They gather in Moscow, plant a few kisses, snap a group photo and draw up a few vague schemes to be forgotten in time for the next get-together. 

Then the leaders of the ex-Soviet republics go back to their own drab cities to complain about how the Commonwealth of Independent States is a waste of time.

It has helped none of them win a civil war or boost their popularity. It can’t even seem to budge most trade barriers that went up after the Soviet collapse.

But still they come, herded together by instinct. Perhaps only they can fully understand each other’s troubles. Perhaps they are nostalgic for the old Politburo galas. 

If the Soviet Union has been described as the jailhouse of nations, the CIS is like a run-down halfway house that keeps drawing back maladjusted convicts long after they have finished serving time.  A visit with Boris Yeltsin is like a chat about old times with a friendly parole officer. This, of course, is how much of the West prefers it.
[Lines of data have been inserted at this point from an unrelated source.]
//! Renames the repeated imports of a core WebAssembly module, so that no two imports have the same
//! module and name (`ModuleImportMap::new`). The other sections are copied. The map has the
//! original name of each renamed import.
//!
//! ```rust
//! use std::alloc::Global;
//! use std::borrow::CowSlice;
//! use wc_dedupe::{DedupeFault, ModuleImportMap};
//! use wc_read::Import;
//!
//! /// Renames the repeated imports of a module, and gives the original name of one of its imports
//! /// then. `None` where it was not renamed.
//! pub fn original_name(
//!     alloc: Global,
//!     bytes: &[u8],
//!     import: &Import<'_>,
//! ) -> Result<Option<String>, DedupeFault>
//!     ensures { IfOk result (λ name. (out : List ℕ) × (renames : List RenameView)
//!         × IsDeduped bytes.now out renames
//!         × (option_map string_bytes name
//!         ≡ original_in renames import.now.module.now import.now.name.now)) }
//! {
//!     let (_deduped, map) = ModuleImportMap::new(alloc, CowSlice::Borrowed(bytes))?;
//!     let Some(map) = map else {
//!         return Ok(None);
//!     };
//!     match map.original_name(import) {
//!         Some(name) => Ok(Some(String::from_str(alloc, name)?)),
//!         None => Ok(None),
//!     }
//! }
//! ```
//!
//! This function is proved in `wc_tests`, as `examples::dedupe::original_name`.
#![tactic(auto)]

mod dedupe;
mod fault;
pub mod laws;
mod name_keys;
mod name_positions;
mod numbers;
mod parsed_sections;
mod rename_list;
mod rename_order;
mod renaming;

pub use fault::DedupeFault;
pub use rename_list::{Rename, RenameList};
pub use renaming::ModuleImportMap;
It wants Yeltsin to have exactly as much sway over his colleagues as Queen Elizabeth has over India and Australia at summits of that other useless commonwealth.

Ukraine, leery of dominance by the Kremlin, has been paid handsomely by America to make sure the CIS remains a sideshow.

With the exception of a few de facto Russian satellites, other ex-Soviet republics have found their own counterweights to Russia – Azerbaijan in Turkey and America, Turkmenistan in Iran, Moldova in Romania.

The shame is that the CIS could do some good if it could ever get out from under its reams of useless paperwork and the suspicions that it furthers Russian hegemony. 

There are gains from free trade to be had – as long as the deal used the lowest common denominator instead of the highest to harmonize external tariffs. There are crime syndicates to be pursued across borders – once some of the dictators in the club stop using police cooperation as an excuse for hunting exiled dissidents. There are common social woes like hidden unemployment and drug addiction to be addressed, but these are not topics that ever clutter the CIS agenda. 

The ex-communists who meet in Moscow are too jealous of their newfound prerogatives, too enamored of the spiffy new flags they have designed to share responsibility for a common effort. 

And Yeltsin has now consigned the CIS to the status of a talking shop and source of some harmless consolation prizes, as billionaire financier Boris Berezovsky’s appointment to the position of CIS secretary proves.

With men like these in charge, the West’s paid paranoiacs can sleep soundly. The CIS will long remain a joke without a punchline.